# Is there a say to take the saltiness out of salami?



## abefroman (Mar 12, 2005)

Is there a way to take the saltiness out of salami? (besides making my own)

TIA


----------



## damian (Oct 20, 2009)

why would you want to do such a blasphemous thing?

eta have you tried oldani genoa salami? it seems less salty to me than most.


----------



## abefroman (Mar 12, 2005)

Some dishes where I use thick sliced grilled salami are too salty.


----------



## damian (Oct 20, 2009)

the only way i can think of, other than looking for reduced sodium salami, would be to soak it in water. that will also probably reduce the flavor too.


----------



## ed buchanan (May 29, 2006)

If you make your own you will probably hurt someone, as you do not have excess to nitrates and nitrites and other preservatives required to do it correctly. If you are grilling then you can soak in H20 first then dry and grill.:lol:


----------



## kyheirloomer (Feb 1, 2007)

As a matter of fact, all of the preservatives and salts necessary are available from sausage supply houses that cater to home cooks.


----------



## duckfat (Aug 7, 2008)

You could always try ordering from Salumi. It's not the cheapest but it's killer stuff.


----------



## gonefishin (Nov 6, 2004)

Have you tried salami from different makers? The flavor, texture and oils can differ greatly in certain brands.

I can't help but think a dry cacciatore sausage. It goes really nice in dishes and holds up to heavy cooking better than a reular salami. If I was using salami as a topper I would just try cutting thinner strips and letting the other flavors of the dish take over. But if your using thicker chunks...the cacciatore sausage may work better.
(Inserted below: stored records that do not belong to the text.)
//! The convention file: its lines as conventions of a machine, or the first fault.
#![tactic(auto)]

mod areas;
mod checks;
mod fact;
mod fault;
mod instructions;
mod known;
mod normal;
mod said;

pub use conv_syntax::{
    ConvBody, ConvCell, ConvLine, ServiceLine, StackLine, SyntaxFault, read_conv, spell,
};
pub use fault::ConvFault;
pub use normal::normal_conv;
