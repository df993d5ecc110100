ghost use Rattle.std.specs.Prelude.{◌≡◌};
ghost use Rattle.line_reading.specs.Readings.{Told, any_name, begins, begins_name, ending, number, sign, this_name, without, without_name};

use super::stop::Stop;
use sqlite_items::Items;
use std::alloc::Global;
use text_lex::Token;

/// The tokens of a line that are left to read.
#[derive(Clone, Copy, Debug)]
pub struct Cursor<'a> {
    pub rest: &'a [Token],
}

impl<'a> Cursor<'a> {
    /// Goes past a sign, where it is the next token.
    pub fn take_sign(&mut self, index: u8) -> bool
        ensures found { result ≡ begins index self.old.rest.now }
        ensures rest { self.new.rest.now ≡ without index self.old.rest.now }
    {
        if let Some((Token::Sign(found), rest)) = self.rest.split_first() {
            if *found == index {
                self.rest = rest;
                return true;
            }
        }
        false
    }

    /// Goes past a sign.
    pub fn sign(&mut self, index: u8) -> Result<(), Stop>
        ensures { Told result self.new.rest.now (sign index self.old.rest.now) }
    {
        if let Some((Token::Sign(found), rest)) = self.rest.split_first() {
            if *found == index {
                self.rest = rest;
                return Ok(());
            }
        }
        Err(Stop::Malformed)
    }

    /// Nothing is left.
    pub fn end(&mut self) -> Result<(), Stop>
        ensures { Told result self.new.rest.now (ending self.old.rest.now) }
    {
        match self.rest.split_first() {
            None => Ok(()),
            Some(_) => Err(Stop::Malformed),
        }
    }

    /// Goes past a number.
    pub fn number(&mut self) -> Result<u64, Stop>
        ensures { Told result self.new.rest.now (number self.old.rest.now) }
    {
        match self.rest.split_first() {
            Some((Token::Number(value), rest)) => {
                self.rest = rest;
                Ok(*value)
            },
            _ => Err(Stop::Malformed),
        }
    }

    /// Goes past a name.
    pub fn any_name(&mut self, alloc: Global) -> Result<Items<u8>, Stop>
        ensures { Told result self.new.rest.now (any_name self.old.rest.now) }
    {
        match self.rest.split_first() {
            Some((Token::Name(letters), rest)) => {
                self.rest = rest;
                Ok(Items::from_slice(alloc, letters.as_slice())?)
            },
            _ => Err(Stop::Malformed),
        }
    }

    /// Goes past this name, where it is the next token.
    pub fn take_name(&mut self, name: &[u8]) -> bool
        ensures found { result ≡ begins_name name.now self.old.rest.now }
        ensures rest { self.new.rest.now ≡ without_name name.now self.old.rest.now }
    {
        if let Some((Token::Name(letters), rest)) = self.rest.split_first() {
            if letters.as_slice() == name {
                self.rest = rest;
                return true;
            }
        }
        false
    }

    /// Goes past this name.
    pub fn this_name(&mut self, name: &[u8]) -> Result<(), Stop>
        ensures { Told result self.new.rest.now (this_name name.now self.old.rest.now) }
    {
        if let Some((Token::Name(letters), rest)) = self.rest.split_first() {
            if letters.as_slice() == name {
                self.rest = rest;
                return Ok(());
            }
        }
        Err(Stop::Malformed)
    }
}
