//! What one line says, its names resolved to numbers.

/// A line by numbers: of cells, and of constructors in the order of the encodings.
#[derive(Clone, Copy, Debug)]
pub enum Fact {
    Elf(u16),
    Stack(StackArea),
    Heap(Area),
    Service(ServiceCells),
    Exit(u32),
    Read(u32),
    Write(u32),
    Brk(u32),
    Errors(ErrorNumbers),
    Link(u8),
    Call(u16),
    Return(u16),
    Entry(u32),
    Whole(u32),
    Pad(u16),
    Args(u32),
}

/// An area of memory in bytes.
#[derive(Clone, Copy, Debug)]
pub struct Area {
    pub base: u32,
    pub size: u32,
}

/// The stack's cell and area, and the room above the cell's first value.
#[derive(Clone, Copy, Debug)]
pub struct StackArea {
    pub cell: u8,
    pub base: u32,
    pub size: u32,
    pub room: u32,
}

/// The cells of a service.
#[derive(Clone, Copy, Debug)]
pub struct ServiceCells {
    pub number: u8,
    pub arg_x: u8,
    pub arg_y: u8,
    pub arg_z: u8,
    pub result: u8,
    pub error: Option<u8>,
}

/// The numbers of the errors of services.
#[derive(Clone, Copy, Debug)]
pub struct ErrorNumbers {
    pub fault: u32,
    pub descriptor: u32,
    pub unknown: u32,
}
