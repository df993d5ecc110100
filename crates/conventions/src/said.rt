//! What several lines say together.
ghost use Rattle.std.specs.Prelude.{◌≡◌, [], OnOk};
ghost use Rattle.conventions.specs.Said.{said_by, with_fact};
ghost use Rattle.conventions.specs.Faults.{unless};
ghost use Rattle.conventions.specs.Normal.{conv_of, first_missing, missing_fault, service_kinds, service_said};

use super::fact::{Area, ErrorNumbers, Fact, ServiceCells, StackArea};
use super::fault::ConvFault;
use rtl_core::{Conv, ServiceShape};
use sqlite_items::Items;
use std::alloc::{AllocError, Global};

/// The line of each kind that stands once, where there is one, and all lines of each other kind.
#[derive(Debug, Drop)]
pub struct Said {
    pub elf: Option<u16>,
    pub stack: Option<StackArea>,
    pub heap: Option<Area>,
    pub service: Option<ServiceCells>,
    pub exit: Option<u32>,
    pub read: Option<u32>,
    pub write: Option<u32>,
    pub brk: Option<u32>,
    pub errors: Option<ErrorNumbers>,
    pub link: Option<u8>,
    pub calls: Items<u16>,
    pub returns: Items<u16>,
    pub entries: Items<u32>,
    pub wholes: Items<u32>,
    pub pads: Items<u16>,
    pub args: Option<u32>,
}

impl Said {
    /// Nothing.
    #[tactic(auto, unfolding(crate::specs::Said::line_of))]
    pub fn new(alloc: Global) -> Said
        ensures { result ≡ said_by [] }
    {
        Said {
            elf: None,
            stack: None,
            heap: None,
            service: None,
            exit: None,
            read: None,
            write: None,
            brk: None,
            errors: None,
            link: None,
            calls: Items::new(alloc),
            returns: Items::new(alloc),
            entries: Items::new(alloc),
            wholes: Items::new(alloc),
            pads: Items::new(alloc),
            args: None,
        }
    }

    /// One fact more.
    pub fn add(&mut self, fact: Fact) -> Result<(), AllocError>
        ensures { OnOk result (self.new ≡ with_fact self.old fact) }
    {
        match fact {
            Fact::Elf(kind) => self.elf = Some(kind),
            Fact::Stack(stack) => self.stack = Some(stack),
            Fact::Heap(heap) => self.heap = Some(heap),
            Fact::Service(cells) => self.service = Some(cells),
            Fact::Exit(number) => self.exit = Some(number),
            Fact::Read(number) => self.read = Some(number),
            Fact::Write(number) => self.write = Some(number),
            Fact::Brk(number) => self.brk = Some(number),
            Fact::Errors(numbers) => self.errors = Some(numbers),
            Fact::Link(cell) => self.link = Some(cell),
            Fact::Call(constructor) => self.calls.push(constructor)?,
            Fact::Return(constructor) => self.returns.push(constructor)?,
            Fact::Entry(address) => self.entries.push(address)?,
            Fact::Whole(address) => self.wholes.push(address)?,
            Fact::Pad(constructor) => self.pads.push(constructor)?,
            Fact::Args(offset) => self.args = Some(offset),
        }
        Ok(())
    }

    /// The service, where all six of its lines are there.
    fn service(&self) -> Option<ServiceShape>
        ensures { result ≡ service_said self.now }
    {
        let cells = self.service?;
        let exit = self.exit?;
        let read = self.read?;
        let write = self.write?;
        let brk = self.brk?;
        let errors = self.errors?;
        Some(ServiceShape {
            number: cells.number,
            arg_x: cells.arg_x,
            arg_y: cells.arg_y,
            arg_z: cells.arg_z,
            result: cells.result,
            error: cells.error,
            exit,
            read,
            write,
            brk,
            fault: errors.fault,
            descriptor: errors.descriptor,
            unknown: errors.unknown,
        })
    }

    /// Each kind of line that a service needs is there.
    fn has_service_lines(&self) -> Result<(), ConvFault>
        ensures { result ≡ unless (first_missing (service_kinds self.now)) tt }
    {
        let kinds = [
            (4, self.service.is_some()),
            (5, self.exit.is_some()),
            (6, self.read.is_some()),
            (7, self.write.is_some()),
            (8, self.brk.is_some()),
            (9, self.errors.is_some()),
        ];
        for (kind, is_there) in kinds {
            if !is_there {
                return Err(ConvFault::Missing { kind });
            }
        }
        Ok(())
    }

    /// The conventions, or the first kind of line that is missing. Where an instruction calls the service, its lines
    /// are asked for too.
    pub fn finished(self, serves: bool) -> Result<Conv, ConvFault>
        ensures { result ≡ unless (missing_fault serves self) (conv_of self) }
    {
        let Some(elf) = self.elf else {
            return Err(ConvFault::Missing { kind: 1 });
        };
        let Some(stack) = self.stack else {
            return Err(ConvFault::Missing { kind: 2 });
        };
        let Some(heap) = self.heap else {
            return Err(ConvFault::Missing { kind: 3 });
        };
        if serves {
            self.has_service_lines()?;
        }
        Ok(Conv {
            elf,
            stack_cell: stack.cell,
            stack_base: stack.base,
            stack_size: stack.size,
            room: stack.room,
            heap_base: heap.base,
            heap_size: heap.size,
            service: self.service(),
            link: self.link,
            calls: self.calls,
            returns: self.returns,
            entries: self.entries,
            wholes: self.wholes,
            pads: self.pads,
            args: self.args,
        })
    }
}
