//! Lists of names.
ghost use Rattle.line_reading.specs.Signs.{comma};
ghost use Rattle.line_reading.specs.Readings.{Told, any_name, in_parens, items};

use super::cursor::Cursor;
use super::signs::{CLOSE_PAREN, COMMA};
use super::stop::Stop;
use sqlite_items::Items;
use std::alloc::Global;

/// `NAME {, NAME}`.
#[tactic(auto, using(crate::proofs::Loops::loop_laws, crate::proofs::NameReads::name_laws))]
pub fn read_names(alloc: Global, cursor: &mut Cursor<'_>) -> Result<Items<Items<u8>>, Stop>
    ensures { Told result cursor.new.rest.now (items comma any_name cursor.old.rest.now) }
{
    let mut names = Items::new(alloc);
    let first = cursor.any_name(alloc)?;
    names.push(first)?;
    'more: while cursor.take_sign(COMMA) {
        let next = cursor.any_name(alloc)?;
        names.push(next)?;
    }
    Ok(names)
}

/// `NAMES? )` behind `(`.
#[tactic(auto, using(crate::proofs::Stops::stop_laws), unfolding(crate::specs::Readings::in_parens))]
pub fn read_names_in_parens(
    alloc: Global,
    cursor: &mut Cursor<'_>,
) -> Result<Items<Items<u8>>, Stop>
    ensures { Told result cursor.new.rest.now (in_parens any_name cursor.old.rest.now) }
{
    if cursor.take_sign(CLOSE_PAREN) {
        return Ok(Items::new(alloc));
    }
    let names = read_names(alloc, cursor)?;
    cursor.sign(CLOSE_PAREN)?;
    Ok(names)
}
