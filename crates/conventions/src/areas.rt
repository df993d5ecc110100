//! Areas of memory that may stand.
ghost use Rattle.std.specs.Prelude.{◌≡◌, ◌<◌, ◌^◌, if◌then◌else◌, Some, None};
ghost use Rattle.conventions.specs.Areas.{is_area, is_offset, is_room, is_stack, is_zero, meets_heap, meets_stack, shares};
ghost use Rattle.conventions.specs.Facts.{area, stack_area};

use super::fact::{Area, StackArea};
use conv_syntax::StackLine;
use rtl_core::Machine;

/// The greatest size of a stack.
const STACK_LIMIT: u64 = 0x0080_0000;
/// The greatest size of a heap.
pub const HEAP_LIMIT: u64 = 0x0100_0000;

const PAGE: u64 = 4096;

const END: u64 = 0x1_0000_0000;

/// An area of whole pages, not of none, not over the limit, up to 2^32 at most.
pub fn area(limit: u64, base: u64, size: u64) -> Option<Area>
    requires { limit < 2 ^ 32 }
    ensures { result ≡ (if is_area limit base size then Some (area base size) else None) }
{
    if base % PAGE != 0 || size % PAGE != 0 || size == 0 || size > limit || base > END - size {
        return None;
    }
    Some(Area {
        base: base as u32,
        size: size as u32,
    })
}

/// The room lies in the area and is a multiple of 8, and below it an address of 32 bits is left.
fn is_room(area: Area, room: u64) -> bool
    ensures { result ≡ is_room area.base area.size room }
{
    let size = u64::from(area.size);
    room <= size && room % 8 == 0 && u64::from(area.base) + size - room < END
}

/// The cell is the zero cell.
fn is_zero(zero: Option<u8>, cell: u8) -> bool
    ensures { result ≡ is_zero zero cell }
{
    match zero {
        None => false,
        Some(zeroed) => zeroed == cell,
    }
}

/// The stack of a line with this cell.
pub fn stack(machine: &Machine, line: &StackLine, cell: u8) -> Option<StackArea>
    ensures { result ≡ (if is_stack machine.now (stack_area line.now cell) then Some (stack_area line.now cell) else None) }
{
    let area = area(STACK_LIMIT, line.base, line.size)?;
    if !is_room(area, line.room) || is_zero(machine.zero, cell) {
        return None;
    }
    Some(StackArea {
        cell,
        base: area.base,
        size: area.size,
        room: line.room as u32,
    })
}

/// The offset of the arguments above the first value of the stack cell: within the room, and a multiple of 4.
pub fn offset(stack: StackArea, offset: u64) -> Option<u32>
    ensures { result ≡ (if is_offset (Some stack) offset then Some offset else None) }
{
    if offset > u64::from(stack.room) || offset % 4 != 0 {
        return None;
    }
    Some(offset as u32)
}

/// Two areas share a byte.
fn shares(a: Area, b: Area) -> bool
    ensures { result ≡ shares a.base a.size b.base b.size }
{
    let (first, second) = (u64::from(a.base), u64::from(b.base));
    first < second + u64::from(b.size) && second < first + u64::from(a.size)
}

fn area_of(stack: StackArea) -> Area
    ensures { result ≡ area stack.base stack.size }
{
    Area {
        base: stack.base,
        size: stack.size,
    }
}

/// The stack shares a byte with the heap, where there is one.
pub fn meets_heap(heap: Option<Area>, stack: StackArea) -> bool
    ensures { result ≡ meets_heap heap stack }
{
    match heap {
        None => false,
        Some(heap) => shares(heap, area_of(stack)),
    }
}

/// The heap shares a byte with the stack, where there is one.
pub fn meets_stack(stack: Option<StackArea>, heap: Area) -> bool
    ensures { result ≡ meets_stack stack heap }
{
    match stack {
        None => false,
        Some(stack) => shares(heap, area_of(stack)),
    }
}
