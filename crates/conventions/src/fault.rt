ghost use Rattle.std.specs.Prelude.{◌≡◌};
ghost use Rattle.conventions.specs.declared.fault.ConvFault.TheVariants as faults;

use std::alloc::{AllocError, AllocFailed};
use thiserror::Error;

/// What is wrong with the lines of a convention file. `line` is the number of the line.
#[derive(Clone, Copy, Debug, PartialEq, Eq, Drop, Error)]
pub enum ConvFault {
    /// A cell that the machine does not have, an index at or over its file's count, a name of no instruction, or
    /// `args` where no `stack` line stands before it.
    #[error("line {line}: an unknown name")]
    Unknown { line: u32 },
    /// A second line of a kind that stands once.
    #[error("line {line}: given twice")]
    Twice { line: u32 },
    /// A number that its place cannot hold, an area that cannot stand or that shares a byte with the other area,
    /// the zero cell as the stack cell, or an offset of `args` that is over the room or no multiple of 4.
    #[error("line {line}: out of range")]
    FieldRange { line: u32 },
    /// A cell of `right` bits where `left` are asked for.
    #[error("line {line}: a cell of {right} bits, not {left}")]
    WidthDiffers { line: u32, left: u8, right: u8 },
    /// A kind of line that is not there: 1 elf, 2 stack, 3 heap, 4 service, 5 exit, 6 read, 7 write, 8 brk, 9 errors.
    #[error("no line of kind {kind}")]
    Missing { kind: u8 },
    /// Memory ran out.
    #[error("out of memory")]
    NoMemory,
}

impl From<AllocError> for ConvFault {
    ghost from_gives = { λ _ made. made ≡ faults.NoMemory };

    fn from(_error: AllocError) -> ConvFault {
        ConvFault::NoMemory
    }
}

impl<T: Drop> From<AllocFailed<T>> for ConvFault {
    ghost from_gives = { λ _ made. made ≡ faults.NoMemory };

    fn from(_error: AllocFailed<T>) -> ConvFault {
        ConvFault::NoMemory
    }
}
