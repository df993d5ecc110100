//! The instructions by their names.
ghost use Rattle.std.specs.Prelude.{◌≡◌, IfOk, OnOk, None, [], ◌∷◌, ◌++◌};
ghost use Rattle.conventions.specs.Names.{Adds, FindsSame, instruction_numbers, instruction_of, instructions, name_of};

use indexmap::IndexMap;
use rtl_core::Encodings;
use std::alloc::{AllocError, Global};
use std::marker::Model;

/// The constructors of type instruction by their names. Contracts see a list of the names with the constructors'
/// numbers.
#[derive(Debug, Drop)]
pub struct Instructions {
    numbers: IndexMap<Vec<u8>, u16>,
}

impl Model for Instructions {
    ghost use Rattle.std.specs.Prelude.{List, ℕ, map};

    ghost Value = { List (List ℕ × ℕ) };

    ghost view = { λ s. map (λ e. (e.0.items, e.1)) s.numbers.entries };
}

impl Instructions {
    /// Those of the encodings; of several with one name the first.
    #[tactic(auto, using(crate::proofs::Tables::none_named))]
    pub fn of(alloc: Global, enc: &Encodings) -> Result<Instructions, AllocError>
        ensures { IfOk result (λ table. FindsSame table (instructions enc.now)) }
    {
        let mut table = Instructions {
            numbers: IndexMap::new(alloc),
        };
        for number in instruction_numbers(enc) {
            let name = name_of(enc, *number);
            table.add(alloc, name, *number)?;
        }
        Ok(table)
    }

    /// One more name, unless it is there.
    #[tactic(auto, using(crate::proofs::Tables::pushed_adds, crate::proofs::Tables::there_adds))]
    fn add(&mut self, alloc: Global, name: &[u8], number: u16) -> Result<(), AllocError>
        ensures { OnOk result (Adds self.old self.new name.now number) }
    {
        if self.number_of(name).is_some() {
            return Ok(());
        }
        self.push(alloc, name, number)
    }

    /// One more name, which is new.
    fn push(&mut self, alloc: Global, name: &[u8], number: u16) -> Result<(), AllocError>
        requires { instruction_of self.old name.now ≡ None }
        ensures { OnOk result (self.new ≡ self.old ++ (name.now, number) ∷ []) }
    {
        let bytes = Vec::from_slice(alloc, name)?;
        self.numbers.insert(bytes, number)?;
        Ok(())
    }

    /// The instruction of a name.
    pub fn number_of(&self, name: &[u8]) -> Option<u16>
        ensures { result ≡ instruction_of self.now name.now }
    {
        self.numbers.get(name).copied()
    }
}

/// The numbers of the instructions.
fn instruction_numbers(enc: &Encodings) -> &[u16]
    ensures { result.now ≡ instruction_numbers enc.now }
{
    match enc.types.get(0) {
        Some(numbers) => numbers.as_slice(),
        None => &[],
    }
}

/// The name of a constructor.
fn name_of(enc: &Encodings, number: u16) -> &[u8]
    ensures { result.now ≡ name_of enc.now number }
{
    match enc.constructors.get(usize::from(number)) {
        Some(constructor) => constructor.name.as_slice(),
        None => &[],
    }
}
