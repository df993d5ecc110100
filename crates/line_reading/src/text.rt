//! Texts as their line values.
ghost use Rattle.std.specs.Prelude.{◌≡◌, ◌<◌, ◌-◌, ◌^◌, Bool, length, MatchResult};
ghost use Rattle.text_lex.specs.declared.token.LogicalLine.{LogicalLine};
ghost use Rattle.line_reading.specs.LineLists.{AreFaulty, AreRead, IsLineFault, IsReadFrom, Passes};
ghost use Rattle.line_reading.specs.Texts.{Denotes, IsFault};

use super::fault::SyntaxFault;
use sqlite_items::Items;
use std::alloc::Global;
use text_lex::{LexFault, lines};

/// The line values of one kind of description.
pub trait LineValue: Drop {
    /// The logical line that spells a value.
    ghost spelled: { Self → LogicalLine };

    /// Whether its parts are such as may stand in a line.
    ghost formed: { Self → Bool };

    /// The value that a logical line spells.
    ///
    /// `BadLine` tells the line's number where no line value is spelled by its tokens, `NoMemory` may come in place of any
    /// answer, and there is no other fault.
    fn read(alloc: Global, line: &text_lex::LogicalLine) -> Result<Self, SyntaxFault>
        ensures { MatchResult result (λ value. IsReadFrom spelled formed value line.now) (λ fault. IsLineFault spelled formed fault line.now) };
}

/// The values of lines, or the first line that has no form.
#[tactic(auto, using(crate::proofs::TextLaws::list_laws))]
fn read_values<L: LineValue>(
    alloc: Global,
    found: &[text_lex::LogicalLine],
) -> Result<Items<L>, SyntaxFault>
    ensures { MatchResult result (λ values. AreRead L.spelled L.formed values found.now) (λ fault. AreFaulty L.spelled L.formed fault found.now) }
{
    let mut values = Items::new(alloc);
    for line in found {
        let value = L::read(alloc, line)?;
        values.push(value)?;
    }
    Ok(values)
}

/// A fault of the lines of a text as one of its form.
fn passed(fault: LexFault) -> SyntaxFault
    ensures { Passes fault result }
{
    match fault {
        LexFault::BadByte { line } => SyntaxFault::Lex(LexFault::BadByte { line }),
        LexFault::LongLine { line } => SyntaxFault::Lex(LexFault::LongLine { line }),
        LexFault::ManyLines => SyntaxFault::Lex(LexFault::ManyLines),
        LexFault::NoMemory => SyntaxFault::NoMemory,
    }
}

/// The line values that a text denotes: the tokens of its k-th logical line are the spelling of the k-th value.
///
/// `Lex` is the text's one lexical fault. `BadLine` is the number of the first logical line that no line value spells.
/// `NoMemory` may come in place of any answer.
#[tactic(auto, using(crate::proofs::TextLaws::text_laws))]
pub fn read_text<L: LineValue>(alloc: Global, text: &[u8]) -> Result<Items<L>, SyntaxFault>
    requires { length text.now < 2 ^ 32 - 1 }
    ensures { MatchResult result (λ values. Denotes L.spelled L.formed text.now values) (λ fault. IsFault L.spelled L.formed text.now fault) }
{
    match lines(alloc, text) {
        Ok(found) => read_values(alloc, found.as_slice()),
        Err(fault) => Err(passed(fault)),
    }
}
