//! The signs of lines, by their places in the list of signs.

/// `...`.
pub const DOTS: u8 = 0;
/// `%next`.
pub const NEXT: u8 = 4;
/// `%pc`.
pub const PC: u8 = 5;
/// `:=`.
pub const BECOMES: u8 = 6;
/// `!=`.
pub const DIFFERS: u8 = 7;
/// `=>`.
pub const GUARDS: u8 = 8;
/// `(`.
pub const OPEN_PAREN: u8 = 15;
/// `)`.
pub const CLOSE_PAREN: u8 = 16;
/// `[`.
pub const OPEN_BRACKET: u8 = 17;
/// `]`.
pub const CLOSE_BRACKET: u8 = 18;
/// `,`.
pub const COMMA: u8 = 19;
/// `;`.
pub const SEMICOLON: u8 = 20;
/// `:`.
pub const COLON: u8 = 21;
/// `=`.
pub const EQUALS: u8 = 22;
/// `&`.
pub const AMPERSAND: u8 = 23;
/// `|`.
pub const BAR: u8 = 24;
/// `-`.
pub const MINUS: u8 = 26;
/// `*`.
pub const STAR: u8 = 27;
/// `~`.
pub const TILDE: u8 = 31;
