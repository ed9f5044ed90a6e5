// Searches over the numbers below a bound, places that callers lend, and, in `proofs/`, laws about them and about joined tests: what every
// crate above cites. This crate holds definitions and laws.
#![tactic(auto)]
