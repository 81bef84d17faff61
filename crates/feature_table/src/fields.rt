//! The value of a field.

ghost use Rattle.std.specs.Prelude.{◌≡◌, ◌≤◌, ◌<◌, IfErr, IfSome, OnSome, Some, drop, false, length, reverse, true};
ghost use Rattle.std.specs.Char.{digit_value, is_ascii_digit};
ghost use Rattle.std.specs.List.{prefix_len};
ghost use Rattle.feature_table.specs.Outcomes.{is_of_reading};
ghost use Rattle.feature_table.specs.GeometryFields.{reading};
ghost use Rattle.table_model.specs.Loading as spec;
ghost use Rattle.table_model.specs.Outcomes.{Gives};
ghost use Rattle.table_model.specs.declared.faults.LoadFault.TheVariants as fault;

use crate::geometry_fields::{Geometry, geometry_of};
use sql_text::ColumnType;
use std::alloc::Global;
use std::str;
use table_model::faults::LoadFault;
use table_model::texts::OwnedText;
use table_model::values::Value;

/// Ten times a number up to this one, with one more digit, fits in 64 bits with a sign.
const GREATEST_TENTH: u64 = 922_337_203_685_477_579;

/// Whether a byte is a blank: a space or a tab, which a number may have around it.
fn is_blank(byte: u8) -> bool
    ensures { result ≡ spec.is_space_or_tab byte }
{
    byte == b' ' || byte == b'\t'
}

/// The number of blanks at the front of a text.
fn blanks_at_front(text: &[u8]) -> usize
    ensures within { result ≤ length text.now }
    ensures count { result ≡ prefix_len spec.is_space_or_tab text.now }
{
    text.iter().take_while(|byte| is_blank(**byte)).count()
}

/// The number of blanks at the end of a text.
fn blanks_at_end(text: &[u8]) -> usize
    ensures within { result ≤ length text.now }
    ensures count { result ≡ prefix_len spec.is_space_or_tab (reverse text.now) }
{
    text.iter()
        .rev()
        .take_while(|byte| is_blank(**byte))
        .count()
}

/// The rest of a text from a place on.
fn from_place(text: &[u8], place: usize) -> &[u8]
    requires { place ≤ length text.now }
    ensures { result.now ≡ drop place text.now }
{
    &text[place..]
}

/// A field without the blanks at its front and its end.
fn trimmed(field: &[u8]) -> &[u8]
    ensures { result.now ≡ spec.trimmed field.now }
{
    let rest = from_place(field, blanks_at_front(field));
    &rest[..rest.len() - blanks_at_end(rest)]
}

/// The value of a digit.
fn digit_of(byte: u8) -> Option<u64>
    ensures digit { OnSome result (is_ascii_digit byte ≡ true) }
    ensures value { IfSome result (λ d. d ≡ digit_value byte) }
    ensures below { IfSome result (λ d. d < 10) }
{
    if byte < b'0' || byte > b'9' {
        return None;
    }
    Some((byte - b'0') as u64)
}

/// The whole number that digits spell; None if there are other bytes, or if the number may have more than 64 bits.
fn digits_in(text: &[u8]) -> Option<i64>
    ensures { IfSome result (λ n. spec.number_in text.now ≡ Some n) }
{
    if text.is_empty() {
        return None;
    }
    let mut number: u64 = 0;
    for byte in text {
        let digit = digit_of(*byte)?;
        if number > GREATEST_TENTH {
            return None;
        }
        number = 10 * number + digit;
    }
    Some(number as i64)
}

/// The whole number of 64 bits that a text spells, or None. A text of digits alone, as most are, is read faster.
fn number_in(text: &[u8]) -> Option<i64>
    ensures { result ≡ spec.number_in text.now }
{
    if let Some(number) = digits_in(text) {
        return Some(number);
    }
    parsed_number(text)
}

/// The whole number of 64 bits that a text spells, whatever its bytes; None if it spells none.
fn parsed_number(text: &[u8]) -> Option<i64>
    ensures { result ≡ spec.number_in text.now }
{
    match str::from_utf8(text) {
        Ok(text) => text.parse().ok(),
        Err(_) => None,
    }
}

/// The whole number of 64 bits that a field spells, perhaps with blanks around it; None if it spells none (SQL, INTEGER).
#[tactic(auto, unfolding(table_model::specs::Loading::integer_of))]
pub fn integer_of(field: &[u8]) -> Option<i64>
    ensures { result ≡ spec.integer_of field.now }
{
    number_in(trimmed(field))
}

/// The value of a field in a column; `number` is that of the record. An empty field is null.
#[tactic(auto, unfolding(table_model::specs::Loading::value_of))]
pub(crate) fn value_of(
    alloc: Global,
    number: usize,
    required: bool,
    column_type: &ColumnType,
    field: &[u8],
) -> Result<Value<Geometry>, LoadFault>
    ensures not_reading { IfErr result (λ f. is_of_reading f ≡ false) }
    ensures value { Gives fault.OutOfMemory (λ v. v) result
        (spec.value_of reading number required column_type.now field.now) }
{
    if field.is_empty() {
        if required {
            return Err(LoadFault::NullNotAllowed(number));
        }
        return Ok(Value::Null);
    }
    match column_type {
        ColumnType::Integer => match integer_of(field) {
            Some(value) => Ok(Value::Integer(value)),
            None => Err(LoadFault::BadInteger(number)),
        },
        ColumnType::Text => match str::from_utf8(field) {
            Ok(text) => Ok(Value::Text(OwnedText::copy_of(alloc, text)?)),
            Err(_) => Err(LoadFault::NotUtf8(number)),
        },
        ColumnType::Geometry(shape) => {
            Ok(Value::Geometry(geometry_of(alloc, number, *shape, field)?))
        }
    }
}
There are certainly plenty of other choices out there too...try some and let us know what you find.

dan

(edit add: What's the recipe your using?)


----------



## dc sunshine (Feb 26, 2007)

Maybe a pinch of sugar to balance out the saltiness? This may be pure nonsense but perhaps worth a try...just a pinch though. Depends if it would work with the other ingredients.


----------



## damian (Oct 20, 2009)

i don't think sugar will work. sugar to balance salt is usually a trick for things like sauce/soup/etc. salami is pretty dense i don't think the sugar will penetrate it, so you'll just end up with sugary salty salami.


----------



## abefroman (Mar 12, 2005)

I think she meant before stuffing the meat mixture into the colagen.


----------



## damian (Oct 20, 2009)

if he's making the salami himself then i think the solution is don't put as much salt in it.


----------



## abefroman (Mar 12, 2005)

EB was saying it wouldn't cure right with less salt.


----------



## damian (Oct 20, 2009)

aren't you the sausage king of chicago?


----------



## dc sunshine (Feb 26, 2007)

I did actually mean what Damian said...:blush: 

I'd just go and try another brand, keep trying till you find one that suits. If nothing else, you'll have a great collection of salamis. Yum!


----------



## boar_d_laze (Feb 13, 2008)

Geeze,

Just go to an eastern European market with a good deli counter and you'll find scores of choices for salami alone. They'll cut you a slice of each until you find one you like.

That said, it's a brave new world to have [so many sausages] in it. You're best answer may be to use something other than salami -- all of which tend to be salty to some degree.

BDL


----------



## abefroman (Mar 12, 2005)

Actually I was trying to stay with beef salami, and specially Kosher beef salami, so the choices are a little less limited, I check out a few of the delis near by though and see what they have.


----------



## buonaboy (Sep 5, 2007)

Abe,

The problem is not with the salami, it's all about serving temperature. Salami is meant to be eaten at room temp or slightly cooler, thus the higher salt content -typically 2.5% of the weight before drying, -sausage, intended to be eaten hot, is usually 1.5 to 1.8% salt - cold temperature suppresses salt and sugars on your palate. 

My suggestion: make some salami cotto,: its the same process as a salami or sausage, but instead of dry curing it, you poach it -A.K.A. "summer sausage" -you can completely control your salt content (i'd shoot for about 1.6% of weight) and if you want that "pink" color, use some "cure #1" One gram per pound is a good rule (.004%or 136ppm) -you can get everything you need from Sausagemaker.com 

Curing salts (nitrites and nitrates) are not a thing for guess work or "eyeballing" it. It is serious business! Do your research! For more info check out Len Poli's sausage making website -it has more information than any book on the shelf today! 

I've been doing charcuterie seriously for about 5 years now, and have had my share of bad results, "winging it" is not recommended.

-Ciao


----------



## ed buchanan (May 29, 2006)

You can buy Hebrew National brand almost all over the world. The only thing is once it is sliced in the store it is no longer Kosher. Publix Supermarket is not Kosher. This will not change the salt content or taste:lol:


----------